We define our new trimmed data set after feature reduction.

In [11]:
newdata = data[:, feature_select]

Let's find the 5-fold cross-validation score.

In [12]:
scores = cross_val_score(
    glm, newdata, target, cv=5, scoring='f1_macro')
In [13]:
scores.mean()
Out[13]:
0.9333333333333333

Unbelievable! It looks like the classifier is almost perfect, but in fact we only used random numbers for the class labels. This is definitely wrong.

Cross-validation: The right way

Instead of reducing the features first, we split our data set into 5 folds first.

In [14]:
X_train, X_test, y_train, y_test = train_test_split(data,
                                                    target,
                                                    test_size=0.2)
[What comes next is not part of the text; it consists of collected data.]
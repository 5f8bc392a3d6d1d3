//! The canonical text of services, printed over files in memory.
use crate::running::{BEFORE, carried_out};
use crate::texts::{FMT, PRICE};
use std::test::Fail;

/// Services, and their canonical form.
const PRINTED: &[(&[u8], &str)] = &[
    (
        b"service price{method get(id:int)->int{return id*10;}} # x",
        CANONICAL,
    ),
    (PRICE, CANONICAL),
    (
        b"service a{method m()->int{if 1<2{return 1;}else{return (1+2)*3;}}}",
        "service a {\n  method m() -> int {\n    if 1 < 2 {\n      return 1;\n    } else {\n      return (1 + 2) * 3;\n    }\n  }\n}\n",
    ),
    (b"service price {}", "service price {\n}\n"),
    (b"# nothing", ""),
];

const CANONICAL: &str =
    "service price {\n  method get(id: int) -> int {\n    return id * 10;\n  }\n}\n";

#[test]
fn fmt_prints_the_canonical_text(rt: HostRuntime) -> Result<(), Fail> {
    for (services, text) in PRINTED {
        let done = carried_out(rt.alloc(), &[FMT], &[*services], &[], false)?;
        assert!(rt; done.tells(0, text) && done.leaves(&[BEFORE]), "{text}");
    }
    Ok(())
}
Now on the other 4 folds (while leaving one fold out), we fit our model and determine which features are the most important.

In [15]:
glm2 = LogisticRegression()
In [16]:
glm2.fit(X_train, y_train)
Out[16]:
LogisticRegression(C=1.0, class_weight=None, dual=False, fit_intercept=True,
          intercept_scaling=1, max_iter=100, multi_class='ovr', n_jobs=1,
          penalty='l2', random_state=None, solver='liblinear', tol=0.0001,
          verbose=0, warm_start=False)
In [17]:
feature_select2 = glm2.coef_[0]>0.022
sum(feature_select2)
Out[17]:
7
In [18]:
X_train2 = X_train[:, feature_select2]
In [19]:
X_test2 = X_test[:, feature_select2]
In [20]:
glm2.fit(X_train2, y_train)
Out[20]:
LogisticRegression(C=1.0, class_weight=None, dual=False, fit_intercept=True,
          intercept_scaling=1, max_iter=100, multi_class='ovr', n_jobs=1,
          penalty='l2', random_state=None, solver='liblinear', tol=0.0001,
          verbose=0, warm_start=False)
In [21]:
glm2.score(X_test2, y_test)
Out[21]:
0.25

Wow! Here our score is 0.25, which is a lot worse than expected.

So why is this the case? If we trim the features first before splitting the data into folds, we are essentially using the information of the test set! This is the leak of information that I mentioned in the beginning. Instead, we should split the data first, and then do whatever we want on the training data afterwards.